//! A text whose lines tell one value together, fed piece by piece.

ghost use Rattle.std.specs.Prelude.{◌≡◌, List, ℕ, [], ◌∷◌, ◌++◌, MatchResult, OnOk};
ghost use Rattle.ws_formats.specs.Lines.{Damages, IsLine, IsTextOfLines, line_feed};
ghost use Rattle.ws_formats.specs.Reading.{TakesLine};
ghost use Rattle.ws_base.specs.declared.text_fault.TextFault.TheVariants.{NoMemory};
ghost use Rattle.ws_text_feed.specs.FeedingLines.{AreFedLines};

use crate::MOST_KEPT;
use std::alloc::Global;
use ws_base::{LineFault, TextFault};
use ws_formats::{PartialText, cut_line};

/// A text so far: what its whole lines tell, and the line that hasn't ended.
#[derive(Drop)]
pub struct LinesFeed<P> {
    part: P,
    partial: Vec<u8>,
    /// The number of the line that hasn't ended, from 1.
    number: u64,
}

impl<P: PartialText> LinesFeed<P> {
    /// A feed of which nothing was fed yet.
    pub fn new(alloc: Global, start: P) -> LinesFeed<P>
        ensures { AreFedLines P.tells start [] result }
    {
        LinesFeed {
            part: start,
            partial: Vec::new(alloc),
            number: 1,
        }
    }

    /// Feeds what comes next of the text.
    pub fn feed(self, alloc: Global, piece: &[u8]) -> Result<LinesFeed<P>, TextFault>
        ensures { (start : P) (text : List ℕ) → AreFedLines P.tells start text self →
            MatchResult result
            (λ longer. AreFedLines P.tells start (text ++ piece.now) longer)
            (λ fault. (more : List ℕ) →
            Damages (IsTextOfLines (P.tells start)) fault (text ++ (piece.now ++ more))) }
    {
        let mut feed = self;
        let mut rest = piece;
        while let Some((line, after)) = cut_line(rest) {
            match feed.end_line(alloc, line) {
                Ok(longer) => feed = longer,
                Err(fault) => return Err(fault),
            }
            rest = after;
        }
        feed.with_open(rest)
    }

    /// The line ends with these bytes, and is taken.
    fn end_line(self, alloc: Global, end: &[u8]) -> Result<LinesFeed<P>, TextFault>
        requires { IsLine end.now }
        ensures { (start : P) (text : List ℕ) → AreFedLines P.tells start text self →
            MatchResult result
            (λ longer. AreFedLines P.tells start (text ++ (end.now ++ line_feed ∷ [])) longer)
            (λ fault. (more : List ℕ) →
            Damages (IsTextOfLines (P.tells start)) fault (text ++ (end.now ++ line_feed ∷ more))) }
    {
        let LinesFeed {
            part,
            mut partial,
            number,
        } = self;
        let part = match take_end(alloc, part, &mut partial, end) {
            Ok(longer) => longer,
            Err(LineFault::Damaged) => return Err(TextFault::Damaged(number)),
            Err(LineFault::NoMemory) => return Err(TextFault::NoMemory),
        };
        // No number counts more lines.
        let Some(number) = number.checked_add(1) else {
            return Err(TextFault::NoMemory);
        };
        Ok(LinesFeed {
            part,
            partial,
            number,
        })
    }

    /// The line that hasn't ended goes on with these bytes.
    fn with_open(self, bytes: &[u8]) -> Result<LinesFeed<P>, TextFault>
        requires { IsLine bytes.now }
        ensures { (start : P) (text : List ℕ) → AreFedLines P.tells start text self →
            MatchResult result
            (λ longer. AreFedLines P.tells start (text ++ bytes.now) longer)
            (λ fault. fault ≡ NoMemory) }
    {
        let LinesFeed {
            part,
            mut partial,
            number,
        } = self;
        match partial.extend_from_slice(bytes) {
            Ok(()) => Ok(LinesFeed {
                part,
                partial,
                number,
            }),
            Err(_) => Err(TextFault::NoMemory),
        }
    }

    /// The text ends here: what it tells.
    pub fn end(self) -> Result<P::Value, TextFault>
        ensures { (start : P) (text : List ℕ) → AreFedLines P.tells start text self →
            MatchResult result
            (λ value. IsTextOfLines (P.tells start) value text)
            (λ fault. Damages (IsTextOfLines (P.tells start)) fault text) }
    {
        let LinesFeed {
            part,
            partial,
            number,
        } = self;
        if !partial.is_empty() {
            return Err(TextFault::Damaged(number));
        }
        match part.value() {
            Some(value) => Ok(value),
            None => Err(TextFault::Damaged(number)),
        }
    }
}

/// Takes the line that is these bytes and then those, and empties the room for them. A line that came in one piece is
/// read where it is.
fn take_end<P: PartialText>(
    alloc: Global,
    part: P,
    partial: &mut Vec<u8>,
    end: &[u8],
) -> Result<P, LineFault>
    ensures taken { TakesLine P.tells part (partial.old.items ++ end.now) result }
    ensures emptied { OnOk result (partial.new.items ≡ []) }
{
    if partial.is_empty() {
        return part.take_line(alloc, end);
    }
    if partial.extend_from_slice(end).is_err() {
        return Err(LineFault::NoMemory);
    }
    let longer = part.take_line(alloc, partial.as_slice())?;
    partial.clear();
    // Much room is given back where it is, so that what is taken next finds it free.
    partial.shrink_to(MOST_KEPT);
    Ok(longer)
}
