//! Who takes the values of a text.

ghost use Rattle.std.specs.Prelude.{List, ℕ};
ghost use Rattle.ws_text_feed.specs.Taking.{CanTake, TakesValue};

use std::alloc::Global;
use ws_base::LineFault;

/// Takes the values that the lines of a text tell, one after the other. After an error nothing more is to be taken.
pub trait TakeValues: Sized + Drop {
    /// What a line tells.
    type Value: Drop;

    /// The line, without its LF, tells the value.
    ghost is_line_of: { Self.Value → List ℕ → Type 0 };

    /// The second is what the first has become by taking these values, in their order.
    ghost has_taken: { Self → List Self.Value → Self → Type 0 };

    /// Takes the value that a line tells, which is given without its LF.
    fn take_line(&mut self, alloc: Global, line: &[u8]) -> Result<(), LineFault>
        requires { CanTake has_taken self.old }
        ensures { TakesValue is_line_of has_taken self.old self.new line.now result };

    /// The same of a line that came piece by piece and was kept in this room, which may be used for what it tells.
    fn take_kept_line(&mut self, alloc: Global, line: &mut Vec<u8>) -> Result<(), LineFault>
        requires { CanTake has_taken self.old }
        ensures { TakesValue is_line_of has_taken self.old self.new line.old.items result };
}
***
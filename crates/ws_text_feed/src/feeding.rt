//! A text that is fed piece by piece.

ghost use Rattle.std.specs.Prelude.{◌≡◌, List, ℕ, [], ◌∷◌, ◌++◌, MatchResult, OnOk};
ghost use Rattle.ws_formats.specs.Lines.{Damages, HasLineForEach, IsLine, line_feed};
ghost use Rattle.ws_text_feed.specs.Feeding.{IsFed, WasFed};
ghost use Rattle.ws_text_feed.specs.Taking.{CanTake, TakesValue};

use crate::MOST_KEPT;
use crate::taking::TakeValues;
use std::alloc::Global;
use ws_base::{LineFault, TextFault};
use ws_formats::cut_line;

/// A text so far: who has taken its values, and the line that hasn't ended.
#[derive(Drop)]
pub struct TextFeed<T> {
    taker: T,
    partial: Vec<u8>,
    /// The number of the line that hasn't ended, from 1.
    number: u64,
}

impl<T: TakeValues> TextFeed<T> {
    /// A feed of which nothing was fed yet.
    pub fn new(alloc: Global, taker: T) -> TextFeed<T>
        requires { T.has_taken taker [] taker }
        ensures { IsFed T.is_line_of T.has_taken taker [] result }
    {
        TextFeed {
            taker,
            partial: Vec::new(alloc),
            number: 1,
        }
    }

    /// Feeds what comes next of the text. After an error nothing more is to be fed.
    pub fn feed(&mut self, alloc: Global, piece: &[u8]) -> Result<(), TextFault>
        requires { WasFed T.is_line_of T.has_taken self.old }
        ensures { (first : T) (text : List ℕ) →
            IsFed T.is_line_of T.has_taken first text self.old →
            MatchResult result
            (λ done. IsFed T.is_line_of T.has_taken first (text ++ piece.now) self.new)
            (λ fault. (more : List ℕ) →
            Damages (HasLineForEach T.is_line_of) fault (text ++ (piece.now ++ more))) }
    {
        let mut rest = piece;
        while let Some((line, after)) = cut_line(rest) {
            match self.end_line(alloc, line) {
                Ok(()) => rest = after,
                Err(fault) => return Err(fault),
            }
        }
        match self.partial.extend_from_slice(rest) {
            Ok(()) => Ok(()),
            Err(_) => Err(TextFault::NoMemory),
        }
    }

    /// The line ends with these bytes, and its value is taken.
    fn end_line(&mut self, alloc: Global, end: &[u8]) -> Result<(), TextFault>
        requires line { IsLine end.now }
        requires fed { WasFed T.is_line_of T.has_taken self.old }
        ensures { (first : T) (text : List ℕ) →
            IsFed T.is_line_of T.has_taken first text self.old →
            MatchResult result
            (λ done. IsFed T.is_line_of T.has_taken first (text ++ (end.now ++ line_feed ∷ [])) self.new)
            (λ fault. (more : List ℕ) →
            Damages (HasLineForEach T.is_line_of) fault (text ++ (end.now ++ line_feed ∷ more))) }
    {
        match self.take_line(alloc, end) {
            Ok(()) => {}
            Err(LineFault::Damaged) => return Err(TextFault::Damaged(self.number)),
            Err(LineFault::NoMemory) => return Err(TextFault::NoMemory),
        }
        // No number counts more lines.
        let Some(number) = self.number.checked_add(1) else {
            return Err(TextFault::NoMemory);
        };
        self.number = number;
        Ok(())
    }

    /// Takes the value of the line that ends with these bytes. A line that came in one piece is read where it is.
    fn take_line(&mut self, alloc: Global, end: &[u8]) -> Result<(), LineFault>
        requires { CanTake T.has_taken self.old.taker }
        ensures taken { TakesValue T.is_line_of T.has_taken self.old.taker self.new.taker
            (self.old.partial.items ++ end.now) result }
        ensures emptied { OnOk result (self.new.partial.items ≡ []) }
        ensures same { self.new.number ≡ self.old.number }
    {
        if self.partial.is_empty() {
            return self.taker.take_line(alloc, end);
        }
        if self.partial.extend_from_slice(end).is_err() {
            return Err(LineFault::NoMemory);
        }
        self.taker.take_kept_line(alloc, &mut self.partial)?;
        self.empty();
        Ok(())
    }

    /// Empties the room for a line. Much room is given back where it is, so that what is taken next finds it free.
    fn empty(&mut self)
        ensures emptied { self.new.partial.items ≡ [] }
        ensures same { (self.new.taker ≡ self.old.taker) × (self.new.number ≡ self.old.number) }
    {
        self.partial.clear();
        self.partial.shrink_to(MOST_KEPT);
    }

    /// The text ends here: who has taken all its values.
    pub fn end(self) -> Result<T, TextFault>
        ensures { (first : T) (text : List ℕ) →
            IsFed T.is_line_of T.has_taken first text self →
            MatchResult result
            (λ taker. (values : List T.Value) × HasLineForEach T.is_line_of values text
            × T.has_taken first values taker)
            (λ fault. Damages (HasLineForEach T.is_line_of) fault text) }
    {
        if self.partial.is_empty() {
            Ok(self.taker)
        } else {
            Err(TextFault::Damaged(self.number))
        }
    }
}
***
Exercise prompt: Where in the records does the string "ends" appear? Copy every line that has it.

Problem solution:
    /// The line ends with these bytes, and is taken.
    /// The text ends here: what it tells.
    /// The line ends with these bytes, and its value is taken.
    /// Takes the value of the line that ends with these bytes. A line that came in one piece is read where it is.
    /// The text ends here: who has taken all its values.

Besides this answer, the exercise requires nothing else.